Wednesday, May 18, 2011

HOW MUCH DO STUDENTS RETAIN?

Obviously this applies to those taking chess lessons.

I am always curious as to how much students do remember or understand the lesson that was just taught to them. Very often, examples were shown and explained. However, once the lesson is over, how does the trainer ensure that the lesson just taught was understood?

I usually use the 3 methods to find out:

a. Make them play as soon as possible

b. Give homework and tests

c. Review the same lesson next week for the 1st 15 minutes

There is a constant struggle for the trainer to decide whether to introduce new material or to review older lessons to ensure that the student does understand what has been covered.

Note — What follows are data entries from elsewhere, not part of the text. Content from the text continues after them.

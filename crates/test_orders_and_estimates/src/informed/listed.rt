//! The searches over a list of edges between numbers, with an estimate for each number.

ghost use Rattle.std.specs.Prelude.{◌≡◌, ◌≤◌, ◌+◌, slice_index, IsTrue};
ghost use Rattle.test_orders_and_estimates.specs.Listed.{AreBounds, estimate_of_node};

use crate::informed::seen::{Answer, Heap, Lists, of_path, of_paths, of_steps};
use pf_informed::directed::astar::astar;
use pf_informed::directed::astar_bag::{astar_bag, astar_bag_collect};
use pf_informed::directed::fringe::fringe;
use pf_informed::directed::idastar::idastar;
use std::alloc::Global;
use test_edge_lists::edges_from;

/// An edge: from, to, cost.
pub(crate) type Edge = (usize, usize, u8);

/// A call of the crate.
#[derive(Clone, Copy, Debug)]
pub(crate) enum Call {
    Astar,
    Fringe,
    Idastar,
    /// All paths, gathered.
    Gathered,
    /// All paths, one by one.
    Steps,
}

/// The calls that answer one path.
pub(crate) static ONE_PATH: [Call; 3] = [Call::Astar, Call::Fringe, Call::Idastar];

/// The entry of a number, or 0.
pub(crate) fn entry(list: &[u8], node: usize) -> u8
    ensures { result ≡ slice_index list.now node }
{
    if node < list.len() { list[node] } else { 0 }
}

/// The estimate of a number, but no more than its bound.
fn capped(estimates: &[u8], bounds: &[u8], node: usize) -> u8
    ensures { result ≡ estimate_of_node estimates.now bounds.now node }
{
    entry(estimates, node).min(entry(bounds, node))
}

/// Does the bound fall along the edge by no more than it costs?
fn falls(edge: &Edge, bounds: &[u8]) -> bool
    ensures { IsTrue result → slice_index bounds.now edge.now.0 ≤ edge.now.2 + slice_index bounds.now edge.now.1 }
{
    u16::from(entry(bounds, edge.0)) <= u16::from(edge.2) + u16::from(entry(bounds, edge.1))
}

/// Is the bound of the end 0, and does it fall along no edge by more than that costs?
fn are_bounds(edges: &[Edge], bounds: &[u8], to: usize) -> bool
    ensures { IsTrue result → AreBounds edges.now bounds.now to }
{
    entry(bounds, to) == 0 && edges.iter().all(|edge| falls(edge, bounds))
}

/// Edges, from where to which of two goals a path is searched, and estimates, each no more than its
/// bound.
#[derive(Clone, Copy)]
pub(crate) struct Task<'a> {
    pub(crate) edges: &'a [Edge],
    pub(crate) from: usize,
    pub(crate) goals: (usize, usize),
    pub(crate) estimates: &'a [u8],
    pub(crate) bounds: &'a [u8],
}

/// What a call answers, seen beside the wanted paths.
fn search(heap: Heap<'_>, ample: Global, call: Call, task: &Task<'_>, wanted: Lists<'_>) -> Answer
    requires first { AreBounds task.now.edges.now task.now.bounds.now task.now.goals.0 }
    requires second { AreBounds task.now.edges.now task.now.bounds.now task.now.goals.1 }
{
    let Task {
        edges,
        from,
        goals,
        estimates,
        bounds,
    } = *task;
    let successors = |n: &usize| edges_from(edges, *n);
    let estimate = |n: &usize| capped(estimates, bounds, *n);
    let success = |n: &usize| *n == goals.0 || *n == goals.1;
    match call {
        Call::Astar => of_path(astar(heap, &from, successors, estimate, success), wanted),
        Call::Fringe => of_path(fringe(heap, &from, successors, estimate, success), wanted),
        Call::Idastar => of_path(idastar(heap, &from, successors, estimate, success), wanted),
        Call::Gathered => of_paths(
            astar_bag_collect(heap, &from, successors, estimate, success),
            wanted,
        ),
        Call::Steps => of_steps(
            ample,
            astar_bag(heap, &from, successors, estimate, success),
            wanted,
        ),
    }
}

/// What a call answers, seen beside the wanted paths, or `None` where the bounds are none.
pub(crate) fn searched(
    heap: Heap<'_>,
    ample: Global,
    call: Call,
    task: &Task<'_>,
    wanted: Lists<'_>,
) -> Option<Answer> {
    if are_bounds(task.edges, task.bounds, task.goals.0)
        && are_bounds(task.edges, task.bounds, task.goals.1)
    {
        Some(search(heap, ample, call, task, wanted))
    } else {
        None
    }
}

/// Whether each call that answers one path answers this cost, or none where there is no cost.
pub(crate) fn all_cost(heap: Heap<'_>, ample: Global, task: &Task<'_>, cost: Option<u8>) -> bool {
    for call in &ONE_PATH {
        let is_right = match searched(heap, ample, *call, task, &[]) {
            Some(Ok(Some((found, _, _)))) => cost == Some(found),
            Some(Ok(None)) => cost.is_none(),
            _ => false,
        };
        if !is_right {
            return false;
        }
    }
    true
}
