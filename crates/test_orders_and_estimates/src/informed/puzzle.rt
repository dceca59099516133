//! The positions of the 15-puzzle near the solved one, numbered, and the moves between them as a list
//! of edges.

use crate::informed::listed::{Edge, Task, all_cost};
use std::alloc::Global;
use test_allocator::Refusing;

/// The tiles row by row, 0 the blank.
type Tiles = [u8; 16];

/// The solved position.
const SOLVED: Tiles = [1, 2, 3, 4, 5, 6, 7, 8, 9, 10, 11, 12, 13, 14, 15, 0];

/// How many positions are 0, 1, 2 and up to 6 moves from the solved one, as published.
static POSITIONS: [usize; 7] = [1, 2, 4, 10, 24, 54, 107];

/// How many those are.
const PLACES: usize = 202;

/// The positions up to six moves from the solved one, each with its number of moves.
#[derive(Drop)]
struct Near {
    positions: [Tiles; PLACES],
    moves: [u8; PLACES],
    count: usize,
}

impl Near {
    /// The number of a position, which is added at so many moves where it is new and has a place.
    fn number(&mut self, position: Tiles, moves: u8) -> Option<usize> {
        let mut known = None;
        for (number, place) in self.positions.iter().enumerate().take(self.count) {
            if *place == position {
                known = Some(number);
            }
        }
        if known.is_none() && self.count < PLACES {
            self.positions[self.count] = position;
            self.moves[self.count] = moves;
            self.count += 1;
            return Some(self.count - 1);
        }
        known
    }
}

/// The cells beside a cell, or the cell itself beyond an edge.
fn beside(cell: usize) -> [usize; 4] {
    [
        if cell >= 4 { cell - 4 } else { cell },
        if cell < 12 { cell + 4 } else { cell },
        if cell % 4 > 0 { cell - 1 } else { cell },
        if cell % 4 < 3 && cell < 15 {
            cell + 1
        } else {
            cell
        },
    ]
}

/// The cell of the blank.
fn blank_of(position: Tiles) -> usize {
    position.iter().position(|tile| *tile == 0).unwrap_or(0)
}

/// The position with two cells exchanged.
fn exchanged(position: Tiles, first: usize, second: usize) -> Tiles {
    let mut next = position;
    if first < 16 && second < 16 {
        next[first] = position[second];
        next[second] = position[first];
    }
    next
}

/// How far the tiles are from their places by rows and columns, together.
fn far(position: Tiles) -> u8 {
    let mut sum = 0u8;
    for (tile, cell) in position.into_iter().zip(0..16u8) {
        if tile > 0 {
            let rows = ((tile - 1) / 4).abs_diff(cell / 4);
            let columns = ((tile - 1) % 4).abs_diff(cell % 4);
            sum = sum.saturating_add(rows).saturating_add(columns);
        }
    }
    sum
}

/// The positions up to six moves from the solved one, by walking their list, and the moves between
/// them, four from each; one to a position further away leads to where it came from.
fn near_solved() -> (Near, [Edge; 4 * PLACES]) {
    let mut near = Near {
        positions: [SOLVED; PLACES],
        moves: [0; PLACES],
        count: 1,
    };
    let mut edges = [(0, 0, 1); 4 * PLACES];
    for number in 0..PLACES {
        let position = near.positions[number];
        let moves = near.moves[number].saturating_add(1);
        let blank = blank_of(position);
        for (turn, cell) in beside(blank).into_iter().enumerate() {
            let next = exchanged(position, blank, cell);
            let to = near.number(next, moves).unwrap_or(number);
            if turn < 4 {
                edges[4 * number + turn] = (number, to, 1);
            }
        }
    }
    (near, edges)
}

/// How many positions are so many moves away.
fn count_at(near: &Near, moves: usize) -> usize {
    let mut count = 0usize;
    for found in &near.moves {
        if usize::from(*found) == moves {
            count = count.saturating_add(1);
        }
    }
    count
}

/// How far each position is from the solved one by the places of its tiles.
fn distances_in(near: &Near) -> [u8; PLACES] {
    let mut distances = [0u8; PLACES];
    for number in 0..PLACES {
        distances[number] = far(near.positions[number]);
    }
    distances
}

/// Whether the searches from a position take as many moves to the solved one.
fn agree(ample: Global, edges: &[Edge], distances: &[u8], from: usize, moves: u8) -> bool {
    let task = Task {
        edges,
        from,
        goals: (0, 0),
        estimates: distances,
        bounds: distances,
    };
    all_cost(&Refusing::new(ample), ample, &task, Some(moves))
}

#[test]
fn first_positions_are_as_far_as_their_list_says(rt: HostRuntime) {
    let (near, edges) = near_solved();
    for (moves, positions) in POSITIONS.iter().enumerate() {
        assert!(rt; count_at(&near, moves) == *positions, "{moves} moves");
    }
    let distances = distances_in(&near);
    for (number, moves) in near.moves.iter().enumerate() {
        assert!(rt;
            agree(rt.alloc(), &edges, &distances, number, *moves),
            "{number}"
        );
    }
}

Some parents may not be exactly happy that their child has been taught the same lessons over and over and wonder why. Generally, the problem is that if students do not attempt to use the knowledge taught and do nothing until the next lesson, what was taught is forgotten and the trainer has to start again from a clean slate. Of course, this is unproductive so I urge parents to try to allocate some time for their children to play and do the homework assigned. At least 5 games a week of 15 minutes will do a lot in helping the student retain the knowledge so that it can be used in their games.

I have just started with a new student and was appalled when he told me that his previous trainer did not give notes. Naturally I asked if he could remember what he was told. The result? Bits and pieces of moves which he could not associate, especially when he claimed that he could not checkmate the King with 2 Bishops because I placed the King on a "wrong" square (apparently he could only do it on the square where his trainer placed the King).

This way of rote learning does no one any good - we cannot be expecting anyone to learn without any notes to remind the student after the trainer has ended the lesson. This is not a chess issue, its a pedagogical one. That is why I am always suspicious how much chess trainers are aware in terms of pedagogy rather than their chess knowledge. To me, if the student cannot fathom the explanations of the trainer and is taught to ask questions, every chess lesson ends up being a monologue and ....blank goes the mind until the next lesson??

Parents, do ask the right questions to your child if he/she truly understands what is taught. You are paying for it and you have every right.